想起阿锁婆婆,望着眼前的云毁,我心中又是十分难受,若是阿锁婆婆能够看到现在的云毁多好。
“小姿?”云毁的一声呼唤将我从凝神中唤醒,我连忙收回视线,道:“不会的。阿俊说你在这里元气会恢复得快些,你就踏实在这里住下来吧。只是夜泽这个人,还请你多包含一些。他……不是个坏人。”
云毁望着我未说话,我解释道:“我与他的关系……有些乱,一时也说不清楚。但他与云毁先生你曾经是知交好友,你们都因为受了伤,忘记了从前,所以也不记得你们原本是朋友这件事了。”

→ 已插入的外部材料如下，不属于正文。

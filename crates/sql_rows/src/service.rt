//! The services that have tables.

ghost use Rattle.std.specs.Prelude.{◌≡◌};
ghost use Rattle.sql_rows.specs.Schema.{name_of};

/// Whose tables they are.
#[derive(Debug, Clone, Copy, PartialEq, Eq, Drop)]
pub enum Service {
    /// Orders, in heads and lines.
    Purchasing,
    /// Stocks, and the lines of orders at each.
    Warehouse,
    /// Accounts, and the lines of orders at each.
    Billing,
}

impl Service {
    /// The service's name in the table `about`.
    pub fn name(self) -> &'static str
        ensures { result.now ≡ name_of self }
    {
        match self {
            Service::Purchasing => "purchasing",
            Service::Warehouse => "warehouse",
            Service::Billing => "billing",
        }
    }
}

我心中念着,希望他们恢复记忆后,别找我算账,我可是为了他们好啊。
“我们是朋友?”云毁露出和夜泽一样疑惑的表情,眉头也稍皱。
我点头:“……所以,我希望你们能消除误会,重新成为朋友。”
云毁揉了揉额头,似是因为回忆而难受,我连忙道:“你刚刚恢复一些元气,就不要过于思虑了。日子还长,等你元气慢慢恢复了,自然也就能够想起从前的事。”
片刻,云毁眉头稍展:“好,我听你的。”
我的肚子又咕噜咕噜叫起来,云毁一开始还没听出来,问我道:“何处青蛙在叫?”